- _To do_
Your task is to repeat exactly the lines below between the line holding "use par_tool::tool::tool;" and the line holding "file is written.", inclusive, and only those.

- _Extracted data_
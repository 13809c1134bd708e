//! What the crates of rows share: calls of the tool over files and output in memory, the common
//! source, and the functions that go over a table. Nothing but tests stands on it, and no clause
//! says what they do, as none says what a test does.
#![tactic(auto)]

use par_io::{MemFolder, MemSink, NoMemory};
use par_tool::tool::tool;
use par_words::Which;
use par_worked::expect;
use std::alloc::{AllocError, Global};
use std::test::Fail;

/// What a call puts, and the status that it answers.
pub type Answer = (&'static str, u8);

/// A source is accepted, and nothing is written.
pub const ACCEPTED: Answer = ("accepted\n", 0);

/// A source with one class is accepted, and its class file is written.
pub const COMPILED: Answer = ("accepted 1\n", 0);

/// A body that reads the key and shows it.
pub const SHOWS_KEY: &str = "open Paid; show(key());";

/// An input file with one number for the key.
pub const KEY_42: &str = "Shop.key: 42\n";

/// The common source. Its method puts out 1.
const LINES: [&str; 10] = [
    "actor alice, bob;",
    "lock Paid;",
    "class Shop {",
    "?{alice:; bob: Paid} input int key();",
    "?{alice:; bob:} output void show(int v);",
    "?{alice:; bob:} static int got;",
    "static void main() !bottom {",
    "show(1);",
    "}",
    "}",
];

/// Lines by their numbers, counted from 1.
pub type Lines = &'static [(usize, &'static str)];

/// The line of that number, or this one where there is none.
fn line_of<'a>(lines: &[(usize, &'a str)], number: usize, line: &'a str) -> &'a str {
    match lines.iter().find(|row| row.0 == number) {
        Some(row) => row.1,
        None => line,
    }
}

/// The common source with other lines in place of some.
pub fn with_lines(alloc: Global, lines: &[(usize, &str)]) -> Result<String, AllocError> {
    let mut source = String::new(alloc);
    for (place, line) in LINES.iter().enumerate() {
        source.push_str(line_of(lines, place + 1, line))?;
        source.push_str("\n")?;
    }
    Ok(source)
}

/// The common source with another line in place of one, counted from 1.
pub fn with_line(alloc: Global, number: usize, text: &str) -> Result<String, AllocError> {
    let mut source = String::new(alloc);
    for (place, line) in LINES.iter().enumerate() {
        source.push_str(if place + 1 == number { text } else { line })?;
        source.push_str("\n")?;
    }
    Ok(source)
}

/// The common source, whose method has this body.
pub fn with_body(alloc: Global, body: &str) -> Result<String, AllocError> {
    with_line(alloc, 8, body)
}

/// The words behind the program's name, as the system hands them over.
fn words(alloc: Global, command: &str) -> Result<Vec<String>, AllocError> {
    let mut words = Vec::new(alloc);
    for word in command.split_ascii_whitespace().skip(1) {
        words.push(String::from_str(alloc, word)?)?;
    }
    Ok(words)
}

/// Does what the command says, and tells the status.
pub fn call(
    alloc: Global,
    command: &str,
    folder: &mut MemFolder,
    out: &mut MemSink,
) -> Result<u8, AllocError> {
    let which = if command.starts_with("paragonc") {
        Which::Compiler
    } else {
        Which::Runner
    };
    let words = words(alloc, command)?;
    Ok(tool(alloc, which, words.as_slice(), folder, out))
}

/// Whether a command has this answer.
pub fn answers(
    alloc: Global,
    command: &str,
    folder: &mut MemFolder,
    answer: Answer,
) -> Result<bool, NoMemory> {
    let mut out = MemSink::new(alloc, 1000)?;
    let status = call(alloc, command, folder, &mut out)?;
    Ok((status, out.bytes()) == (answer.1, answer.0.as_bytes()))
}

/// A folder with a source.
pub fn folder_of(alloc: Global, source: &str) -> Result<MemFolder, NoMemory> {
    let mut folder = MemFolder::new(alloc);
    folder.add("shop.par", source.as_bytes())?;
    Ok(folder)
}

/// A folder with a source, once it was compiled, and an input file.
pub fn compiled(alloc: Global, source: &str, inputs: &str) -> Result<MemFolder, NoMemory> {
    let mut folder = folder_of(alloc, source)?;
    let mut out = MemSink::new(alloc, 100)?;
    call(alloc, "paragonc shop.par", &mut folder, &mut out)?;
    folder.add("in.txt", inputs.as_bytes())?;
    Ok(folder)
}

/// Whether a source is checked with this answer.
pub fn checks_as(alloc: Global, source: &str, answer: Answer) -> Result<bool, NoMemory> {
    let mut folder = folder_of(alloc, source)?;
    answers(alloc, "paragonc --check shop.par", &mut folder, answer)
}

/// Whether a command over a source and an input file has this answer.
pub fn traces_as(
    alloc: Global,
    source: &str,
    inputs: &str,
    command: &str,
    answer: Answer,
) -> Result<bool, NoMemory> {
    let mut folder = folder_of(alloc, source)?;
    folder.add("in.txt", inputs.as_bytes())?;
    answers(alloc, command, &mut folder, answer)
}

/// Whether a source is compiled so, and a command over its class files and inputs answers so.
pub fn runs_as(alloc: Global, run: &(&str, &str, Answer, &str, Answer)) -> Result<bool, NoMemory> {
    let mut folder = folder_of(alloc, run.0)?;
    folder.add("in.txt", run.1.as_bytes())?;
    let is_compiled = answers(alloc, "paragonc shop.par", &mut folder, run.2)?;
    Ok(is_compiled && answers(alloc, run.3, &mut folder, run.4)?)
}

/// Checks the common source with a line in place of that one.
pub fn line_checks_as(
    alloc: Global,
    number: usize,
    line: &str,
    answer: Answer,
) -> Result<bool, NoMemory> {
    let source = with_line(alloc, number, line)?;
    checks_as(alloc, source.as_str(), answer)
}

/// The last of some lines, which names a row.
pub fn last_of(lines: Lines) -> &'static str {
    match lines.last() {
        Some(line) => line.1,
        None => "",
    }
}

/// Rows of the common source with other lines.
pub fn check_all(alloc: Global, rows: &[(Lines, Answer)]) -> Result<(), Fail> {
    for (lines, answer) in rows {
        let source = with_lines(alloc, lines)?;
        expect(checks_as(alloc, source.as_str(), *answer)?, last_of(lines))?;
    }
    Ok(())
}

/// Rows of sources.
pub fn check_sources(alloc: Global, rows: &[(&'static str, Answer)]) -> Result<(), Fail> {
    for (source, answer) in rows {
        expect(checks_as(alloc, source, *answer)?, source)?;
    }
    Ok(())
}

/// Rows of the common source with another line.
pub fn check_lines(alloc: Global, rows: &[(usize, &'static str, Answer)]) -> Result<(), Fail> {
    for (number, line, answer) in rows {
        expect(line_checks_as(alloc, *number, line, *answer)?, line)?;
    }
    Ok(())
}

/// Rows of the common source with another body.
pub fn check_bodies(alloc: Global, rows: &[(&'static str, Answer)]) -> Result<(), Fail> {
    for (body, answer) in rows {
        expect(line_checks_as(alloc, 8, body, *answer)?, body)?;
    }
    Ok(())
}

/// A row's name, the body of the common source, what stands in the input file, a command, and its
/// answer.
pub type Row = (
    &'static str,
    &'static str,
    &'static str,
    &'static str,
    Answer,
);

fn row_holds(alloc: Global, row: &Row) -> Result<bool, NoMemory> {
    let source = with_body(alloc, row.1)?;
    let mut folder = compiled(alloc, source.as_str(), row.2)?;
    answers(alloc, row.3, &mut folder, row.4)
}

/// Rows of commands over the common source, once it was compiled.
pub fn check_rows(alloc: Global, rows: &[Row]) -> Result<(), Fail> {
    for row in rows {
        expect(row_holds(alloc, row)?, row.0)?;
    }
    Ok(())
}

- _Result_
use par_tool::tool::tool;
use par_words::Which;
use par_worked::expect;
use std::alloc::{AllocError, Global};
use std::test::Fail;

/// What a call puts, and the status that it answers.
pub type Answer = (&'static str, u8);

/// A source is accepted, and nothing is written.
pub const ACCEPTED: Answer = ("accepted\n", 0);

/// A source with one class is accepted, and its class file is written.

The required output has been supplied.